# Altiverb vs Space Designer



## gsilbers (Mar 22, 2009)

I am seeing a lot of talk of Todd AO IR on altiverb but i was wondering; if there was the same IR for logic's Space designer or if you compare 2 "meduim halls" for both verbs, how much better is altiverb? 
i am assuming its better cause for the price of altiverb you can get all of logic pro 8.


----------



## Peter Emanuel Roos (Mar 22, 2009)

I have talked to the guys from Audioease and there is really no option to get hold of the Todd-AO IRs without purchasing Altiverb (I tried to make a deal and offered to pay for them).

So, to evaluate these IRs and to compare them with others, you should try to find a friend with Altiverb and make comparisons of the Todd-AO IRs with other IRs.

I will try to do this when I meet Maarten Spruijt next time (I want to know which of my own IRs are close to the Todd-AO ones).


----------



## JT3_Jon (Mar 23, 2009)

I think the biggest question is not whether Space Designer can match the reverb tails of Altiverb (as I bet it can) but rather can you achieve the same "early reflections."

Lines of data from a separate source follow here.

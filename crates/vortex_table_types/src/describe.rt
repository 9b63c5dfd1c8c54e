// The description of a table.
use vortex_array::DType;
use vortex_buffer::Items;

/// The rows and the type of a chunk: one column's part of a split.
#[derive(Clone, Copy, Debug, PartialEq, Eq)]
pub struct ChunkDesc {
    pub rows: u64,
    pub dtype: DType,
}

/// The rows of a split, and one chunk for each column.
pub struct SplitDesc {
    pub rows: u64,
    pub chunks: Items<ChunkDesc>,
}

impl Drop for SplitDesc {
    fn drop(self) {
        let SplitDesc {
            rows: _rows,
            chunks: _chunks,
        } = self;
    }
}

/// The splits of a partition.
pub struct PartitionDesc {
    pub splits: Items<SplitDesc>,
}

impl Drop for PartitionDesc {
    fn drop(self) {
        let PartitionDesc { splits: _splits } = self;
    }
}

From what I have read, people are using 3 altiverbs early reflections ONLY (no tails) to place dry samples in a room & help achieve depth. This is where Altiverb seems to shine, as they have taken inpulses of single rooms from multiple positions. So you can run your strings through the "close" mics, winds/brass through the mid, and perc through the "far." From there they use a single altiverb "tail" at the end of the chain for the actual hall sound. 

As someone who doesn't own altiverb, I'm very interested if this same technique can somehow be achieved using Logics revebs (silver verb for the early reflections, space designer for the tail, etc.) but I doubt this will work. I've always kept an eye on these type of threads with great interest, but have yet to hear any success stories using Space Designer instead of Altiverb.


----------



## Ashermusic (Mar 23, 2009)

[quote:c6d9b30d09="JT3_Jon @ Mon Mar 23, 2009 1:31 pm"]I think the biggest question is not whether Space Designer can match the reverb tails of Altiverb (as I bet it can) but rather can you achieve the same "early reflections."

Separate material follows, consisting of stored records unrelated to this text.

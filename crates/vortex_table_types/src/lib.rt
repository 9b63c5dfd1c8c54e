//! What tables are and what a scan of one answers: descriptions and why they are refused, and the definitions of a table's rows, of
//! the rows that a request chooses and of an answer, with what these imply.
#![tactic(auto)]

mod check;
mod describe;
mod errors;
mod laws;

pub use check::{count_steps, refusal};
pub use describe::{ChunkDesc, PartitionDesc, SplitDesc};
pub use errors::TableError;
pub use laws::{
    answer_is_its_rows, chosen_ascend, chosen_exactly, chosen_rows_are_full,
    each_question_has_an_answer, no_row_missing, ordered_answer_is_first_rows,
    ordered_answers_agree, splits_are_apart, without_limit,
};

From what I have read, people are using 3 altiverbs early reflections ONLY (no tails) to place dry samples in a room & help achieve depth. This is where Altiverb seems to shine, as they have taken inpulses of single rooms from multiple positions. So you can run your strings through the "close" mics, winds/brass through the mid, and perc through the "far." From there they use a single altiverb "tail" at the end of the chain for the actual hall sound.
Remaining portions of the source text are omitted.